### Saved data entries
■ ■ ■

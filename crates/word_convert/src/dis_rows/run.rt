//! The rows of an image, written.

ghost use Rattle.std.specs.Prelude.{◌≡◌, ◌≢◌, ◌≤◌, ◌⊎◌, IfErr, IfOk, None, true};
ghost use Rattle.arguments.specs.Streams.{Tells, TellsFront};
ghost use Rattle.arguments.specs.Words.{AsksForHelp, Fits, Misfits, texts};
ghost use Rattle.word_convert.specs.ListingAsked.{dis_view};
ghost use Rattle.word_convert.specs.ListingCommandLine.{dis, words_asked};
ghost use Rattle.word_convert.specs.Listing.{Asks, IsListing};
ghost use Rattle.image_files.specs.Files.{EndsImage, HasNoImage};

use crate::dis_rows::words::{DisImageWords, read_dis_words};
use arguments::{Refusal, refuse, refused_words, write_text};
use disasm::disassembly;
use image_files::{ImageFileRefusal, ImageRefusal, image_of_file};
use std::io::Write;
use std::rt::Files;

/// Returns the rows of the image of a file between the addresses of the words.
#[tactic(auto, using(crate::proofs::Listed::is_listing))]
fn listing<'a, H: Files + AllocGlobal>(
    rt: &H,
    words: &DisImageWords<'a>,
) -> Result<Vec<u8>, ImageFileRefusal<'a>>
    ensures rows { IfOk result (λ text. IsListing (dis_view words.now) true text.items) }
    ensures refused { IfErr result (λ why. EndsImage words.now.form why.why) }
{
    let file = words.file;
    let image = match image_of_file(rt, file, words.form) {
        Ok(image) => image,
        Err(why) => return Err(ImageFileRefusal { file, why }),
    };
    match disassembly(rt.alloc(), words.profile, &image, words.first, words.last) {
        Ok(text) => Ok(text),
        Err(_) => Err(ImageFileRefusal {
            file,
            why: ImageRefusal::Refused(Refusal::OutOfMemory),
        }),
    }
}

/// Writes the rows that the words ask for, or why there are none, and returns the exit status.
#[tactic(auto, using(crate::proofs::Listed::not_listed, crate::proofs::Listed::is_told, crate::proofs::Listed::is_begun))]
fn write_rows<H: Files + AllocGlobal, O: Write, E: Write>(
    rt: &H,
    words: &DisImageWords<'_>,
    output: &mut O,
    errors: &mut E,
) -> u8
    ensures status { result ≤ 4 }
    ensures quiet { result ≡ 0 → errors.new ≡ errors.old }
    ensures untouched { 1 ≤ result → result ≤ 3 → output.new ≡ output.old }
    ensures done { result ≡ 0 → Tells (IsListing (dis_view words.now)) true
        (O.contents output.old) (O.contents output.new) }
    ensures wrong { result ≡ 1 → HasNoImage words.now.form }
    ensures never { result ≢ 2 }
    ensures begun { result ≡ 4 → TellsFront (IsListing (dis_view words.now))
        (O.contents output.old) (O.contents output.new) ⊎ (output.new ≡ output.old) }
{
    match listing(rt, words) {
        Ok(text) => match write_text(output, text.as_slice()) {
            Ok(()) => 0,
            Err(_) => refuse(Refusal::Write, errors),
        },
        Err(why) => why.tell(errors),
    }
}

/// Does what the words after `dis` ask for if they say that the file is an image, and returns the
/// exit status.
///
/// It is 0 if the rows were written, 1 if the file is no image, 2 if the words are wrong, 3 if
/// memory ran out, 4 if reading or writing failed. For each but 0 a line on `errors` says why, with
/// the name of a file that is no image or cannot be read; that it cannot be written changes no
/// status. The text is whole, and the file closed, before any of it is written.
pub fn dis_image<H: Files + AllocGlobal, O: Write, E: Write>(
    rt: &H,
    words: &[&str],
    output: &mut O,
    errors: &mut E,
) -> u8
    ensures status { result ≤ 4 }
    // Where the rows were written nothing is said on the error stream.
    ensures quiet { result ≡ 0 → errors.new ≡ errors.old }
    // A file or words that are refused leave the output as it was, and so it is where memory ran
    // out.
    ensures untouched { 1 ≤ result → result ≤ 3 → output.new ≡ output.old }
    // 0 means that the rows of the image of some file were written; or that help is asked for.
    ensures done { result ≡ 0 → AsksForHelp dis (texts words.entry.now)
        ⊎ Asks (texts words.entry.now) (λ asked. Tells (IsListing asked) true
        (O.contents output.old) (O.contents output.new)) }
    // 1 means that some file is no image.
    ensures wrong { result ≡ 1
        → Asks (texts words.entry.now) (λ asked. HasNoImage asked.form) }
    // 2 means that the words do not fit, or that a value is wrong.
    ensures refused { result ≡ 2 → Misfits dis (texts words.entry.now)
        ⊎ (Fits dis (texts words.entry.now)
        × (words_asked (texts words.entry.now) ≡ None)) }
    // 4 means that a beginning of such rows was written, or nothing; or help is asked for.
    ensures begun { result ≡ 4 → AsksForHelp dis (texts words.entry.now)
        ⊎ Asks (texts words.entry.now) (λ asked. TellsFront (IsListing asked)
        (O.contents output.old) (O.contents output.new) ⊎ (output.new ≡ output.old)) }
{
    match read_dis_words(rt.alloc(), words) {
        Ok(words) => write_rows(rt, &words, output, errors),
        Err(fault) => refused_words(fault, output, errors),
    }
}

■ ■ ■

### Your assignment
In the records above, the lines containing the string "done" should be counted; give only the total.

### The answer
2